## WHAT THIS TASK INVOLVES
From the line with "return append_places(out, row);" through the line with "fn append_places(out: &mut", inclusive, return each line of the data below exactly and leave the rest out.

## THE INPUT
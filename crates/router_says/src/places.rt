//! Words for nets, cells and pins of a problem, the first of a row of them.
ghost use Rattle.std.specs.Prelude.{◌≡◌, ◌++◌, ◌-◌, OnOk, codes, decimal, flat_map, length, string_bytes, take};
ghost use Rattle.router_says.specs.Seen.{
  axis_said,
  cell_said,
  first_cell_said,
  listed,
  net_said,
  nets_said,
  pin_said,
  place_said,
  slot_cell_said,
};
ghost use Rattle.router_says.specs.declared.phrases.TheConstants.{AND, SEEN_CHANNEL, SEEN_MORE};
ghost use Rattle.router_says.specs.declared.places.TheConstants.{NAME_LIMIT};
ghost use Rattle.route_sweep.specs.NetNames.{name_at};

use crate::phrases::{AND, SEEN_CHANNEL, SEEN_MORE};
use fault_names::append_name;
use fpga_bounds::PlacedProblem;
use fpga_types::{Axis, Cell, PinAt, PinStep, RouteText};
use std::alloc::AllocError;

/// How many nets or pins are named at the most.
pub(crate) const NAME_LIMIT: usize = 10;

/// Appends the nets of slots, the first of them by name.
pub(crate) fn append_nets(
    out: &mut String,
    problem: &PlacedProblem,
    row: &[u32],
) -> Result<(), AllocError>
    ensures { OnOk result (string_bytes out.new
        ≡ string_bytes out.old ++ nets_said problem.now row.now) }
{
    if row.len() <= NAME_LIMIT {
        return append_named(out, problem, row);
    }
    append_named(out, problem, &row[..NAME_LIMIT])?;
    append_more(out, row.len() - NAME_LIMIT)?;
    Ok(())
}

/// Appends how many more there are than were named.
pub(crate) fn append_more(out: &mut String, count: usize) -> Result<(), AllocError>
    ensures { OnOk result (string_bytes out.new
        ≡ string_bytes out.old ++ (AND.now ++ (decimal count ++ SEEN_MORE.now))) }
{
    write!(out, "{AND}{count}{SEEN_MORE}")
}

// Appends the nets of slots, each by name behind a blank.
fn append_named(out: &mut String, problem: &PlacedProblem, row: &[u32]) -> Result<(), AllocError>
    ensures { OnOk result (string_bytes out.new
        ≡ string_bytes out.old ++ flat_map (net_said problem.now) row.now) }
{
    for slot in row {
        append_net(out, problem, *slot)?;
    }
    Ok(())
}

/// Appends the net of a slot behind a blank, by name.
pub(crate) fn append_net(
    out: &mut String,
    problem: &PlacedProblem,
    slot: u32,
) -> Result<(), AllocError>
    ensures { OnOk result
        (string_bytes out.new ≡ string_bytes out.old ++ net_said problem.now slot) }
{
    let Some(slot) = problem.slots().get(slot as usize) else {
        return Ok(());
    };
    out.push_str(" ")?;
    append_name(out, net_name(problem.route(), slot.net))?;
    Ok(())
}

// The name of a net by its position among those of a route; empty where there is none.
fn net_name(route: &RouteText, position: u32) -> &[u8]
    ensures { result.now ≡ name_at route.now position }
{
    let Some(net) = route.nets.as_slice().get(position as usize) else {
        return b"";
    };
    net.name.bytes.as_slice()
}

/// Appends the cell of the first of these slots.
pub(crate) fn append_first_cell(
    out: &mut String,
    problem: &PlacedProblem,
    row: &[u32],
) -> Result<(), AllocError>
    ensures { OnOk result (string_bytes out.new
        ≡ string_bytes out.old ++ first_cell_said problem.now row.now) }
{
    let Some(slot) = row.first() else {
        return Ok(());
    };
    append_cell_of(out, problem, *slot)
}

// Appends the cell of a slot.
fn append_cell_of(out: &mut String, problem: &PlacedProblem, slot: u32) -> Result<(), AllocError>
    ensures { OnOk result (string_bytes out.new
        ≡ string_bytes out.old ++ slot_cell_said problem.now slot) }
{
    let Some(slot) = problem.slots().get(slot as usize) else {
        return Ok(());
    };
    append_cell(out, slot.cell)
}

// Appends a cell behind a blank.
fn append_cell(out: &mut String, cell: Cell) -> Result<(), AllocError>
    ensures { OnOk result (string_bytes out.new ≡ string_bytes out.old ++ cell_said cell) }
{
    append_place(out, axis_said(cell.axis), cell.x, cell.y)
}

// Appends a cell of a channel of this kind behind a blank.
fn append_place(out: &mut String, axis: &str, x: u32, y: u32) -> Result<(), AllocError>
    ensures { OnOk result (string_bytes out.new ≡ string_bytes out.old
        ++ (SEEN_CHANNEL.now ++ (axis.now ++ (codes " (" ++ (decimal x ++ (codes "," ++ (decimal y
        ++ codes ")"))))))) }
{
    write!(out, "{SEEN_CHANNEL}{axis} ({x},{y})")
}

// A kind of channel.
fn axis_said(axis: Axis) -> &'static str
    ensures { result.now ≡ axis_said axis }
{
    match axis {
        Axis::X => "X",
        Axis::Y => "Y",
    }
}

/// Appends the places of the pins of pin steps, the first of them.
pub(crate) fn append_pins(out: &mut String, row: &[PinStep]) -> Result<(), AllocError>
    ensures { OnOk result (string_bytes out.new
        ≡ string_bytes out.old ++ listed (λ step. pin_said step.pin) row.now) }
{
    if row.len() <= NAME_LIMIT {
        return append_places(out, row);
    }
    append_places(out, &row[..NAME_LIMIT])?;
    append_more(out, row.len() - NAME_LIMIT)?;
    Ok(())
}

// Appends the places of the pins of pin steps, each behind a blank.
fn append_places(out: &mut String, row: &[PinStep]) -> Result<(), AllocError>
    ensures { OnOk result (string_bytes out.new
        ≡ string_bytes out.old ++ flat_map (λ step. pin_said step.pin) row.now) }
{
    for step in row {
        append_pin(out, step.pin)?;
    }
    Ok(())
}

// Appends the place of a pin behind a blank.
fn append_pin(out: &mut String, pin: PinAt) -> Result<(), AllocError>
    ensures { OnOk result (string_bytes out.new ≡ string_bytes out.old ++ pin_said pin) }
{
    match pin {
        PinAt::Pad { x, y, .. } => append_spot(out, x, y),
        PinAt::Pin { x, y, .. } => append_spot(out, x, y),
    }
}

// Appends a place behind a blank.
fn append_spot(out: &mut String, x: u32, y: u32) -> Result<(), AllocError>
    ensures { OnOk result (string_bytes out.new ≡ string_bytes out.old ++ place_said x y) }
{
    write!(out, " ({x},{y})")
}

## WRITTEN RESPONSE
        return append_places(out, row);
    }
    append_places(out, &row[..NAME_LIMIT])?;
    append_more(out, row.len() - NAME_LIMIT)?;
    Ok(())
}

// Appends the places of the pins of pin steps, each behind a blank.
fn append_places(out: &mut String, row: &[PinStep]) -> Result<(), AllocError>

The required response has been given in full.